The dhrūpada: aisē jāṇatām jāṇatām — kā re hōtōsī nēṇatāknowing-knowing — why do you become unknowing? The doubled-jāṇatām (knowing) emphasizes: you actually know this already. And yet nēṇatā (unknowing) — willful-blindness. The diagnostic: knowing-but-acting-as-if-unknowing.

The second verse: priyā putra bandhu — nāhī tuja yāñśī sambandhuwife, son, brother — you have no sambandhu (relation) with them. Sambandhureal-relation, blood-relation, binding-tie. The radical claim: the relationships you presume are real, are not actually sambandhu. The wife is not your wife in any binding-eternal sense; the son is not your son; the brother is not your brother.
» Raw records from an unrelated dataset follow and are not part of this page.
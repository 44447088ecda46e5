//! Which replies wait for the disk if others don't.

ghost use Rattle.std.specs.Prelude.{◌≡◌, ◌≢◌, ◌-◌, ℕ, None, true, false};
ghost use Rattle.std.specs.Option.{option_map};
ghost use Rattle.ssi_durable.specs.Mirror.Holds.{HasHeld, all_wait, free_in, front_by, held_len};

use indexmap::IndexMap;
use std::alloc::Global;

/// Of each connection of which a reply waits, how many bytes of its replies come before that.
#[derive(Drop)]
pub(crate) struct Holds {
    free: IndexMap<u64, usize>,
    // memory couldn't hold one more, or a reply was lost: all replies wait
    all: bool,
}

impl Holds {
    /// No reply waits.
    pub(crate) fn new(alloc: Global) -> Holds
        ensures free { (t : ℕ) → free_in result t ≡ None }
        ensures all { all_wait result ≡ false }
    {
        Holds {
            free: IndexMap::new(alloc),
            all: false,
        }
    }

    /// From now on a reply of the connection waits that has `before` bytes before it, if none waits yet. If memory can't hold that
    /// then all replies wait.
    pub(crate) fn hold(&mut self, token: u64, before: usize)
        ensures { HasHeld token before true self.old self.new }
    {
        if self.free.get(&token).is_some() {
            return;
        }
        if self.free.insert(token, before).is_err() {
            self.all = true;
        }
    }

    /// All replies wait.
    pub(crate) fn hold_all(&mut self)
        ensures { all_wait self.new ≡ true }
    {
        self.all = true;
    }

    /// So many bytes were written to the connection, none of a reply that waits.
    pub(crate) fn written(&mut self, token: u64, count: usize)
        ensures all { all_wait self.new ≡ all_wait self.old }
        ensures own { free_in self.new token ≡ option_map (λ n. n - count) (free_in self.old token) }
        ensures others { (u : ℕ) → u ≢ token → free_in self.new u ≡ free_in self.old u }
    {
        if let Some(free) = self.free.get_mut(&token) {
            *free = free.saturating_sub(count);
        }
    }

    /// No reply waits any more.
    pub(crate) fn clear(&mut self)
        ensures free { (t : ℕ) → free_in self.new t ≡ None }
        ensures all { all_wait self.new ≡ false }
    {
        self.free.clear();
        self.all = false;
    }

    /// Returns whether no reply waits.
    pub(crate) fn is_empty(&self) -> bool
        ensures free { result ≡ true → (t : ℕ) → free_in self.now t ≡ None }
        ensures all { result ≡ true → all_wait self.now ≡ false }
    {
        !self.all && self.free.is_empty()
    }

    /// Returns of how many connections a reply waits, as far as memory could hold it.
    pub(crate) fn len(&self) -> usize
        ensures { result ≡ held_len self.now }
    {
        self.free.len()
    }

    /// Returns those of a connection's unsent bytes that don't wait.
    pub(crate) fn front<'a>(&self, token: u64, unsent: &'a [u8]) -> &'a [u8]
        ensures { result.now ≡ front_by (all_wait self.now) (free_in self.now token) unsent.now }
    {
        if self.all {
            return &[];
        }
        match self.free.get(&token) {
            Some(free) => &unsent[..unsent.len().min(*free)],
            None => unsent,
        }
    }
}
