//! When replies are given out.

ghost use Rattle.std.specs.Prelude.{◌≡◌};

/// When replies are given out, if the lines are put in a log.
#[derive(Clone, Copy, Debug, PartialEq, Eq)]
pub enum Release {
    /// Each once its line is on the disk, and all lines before it that count.
    Synced,
    /// `committed` as well; any other reply at once, but for those that come after such a one to the same connection. A crash may
    /// take away lines whose replies were given out, but none up to a `commit` that was answered so.
    Early,
}

impl Release {
    ghost use Rattle.ssi_durable.specs.Clauses.Holding.{is_early};

    /// Returns whether only `committed` waits for the disk.
    pub fn is_early(self) -> bool
        ensures { result ≡ is_early self }
    {
        matches!(self, Release::Early)
    }
}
The close: Harīvīṇa nāhī sakhāno friend except Hari. The single-friendship-claim. Hari alone is the sakhā — the only real-friend. The other-relations are conventional, not sakhā.

For someone today

A useful relational-reality-check. The wealth you preserved — to whose work did it actually come? Knowing this, why do you become unknowing? Wife, son, brother — you have no sambandhu (binding-relation) with them. No friend except Hari. The verse is unsparing about conventional-attachments. The diagnostic-question — to whose work did your wealth go? — is precise: trace your wealth-flow and you will see it serves others, not you. The priyā-putra-bandhu claim is harsh but mortality-clear: at death, none of these sambandhu hold. The single Harīvīṇa nāhī sakhā claim is the bhakti-alternative: the one real friendship survives.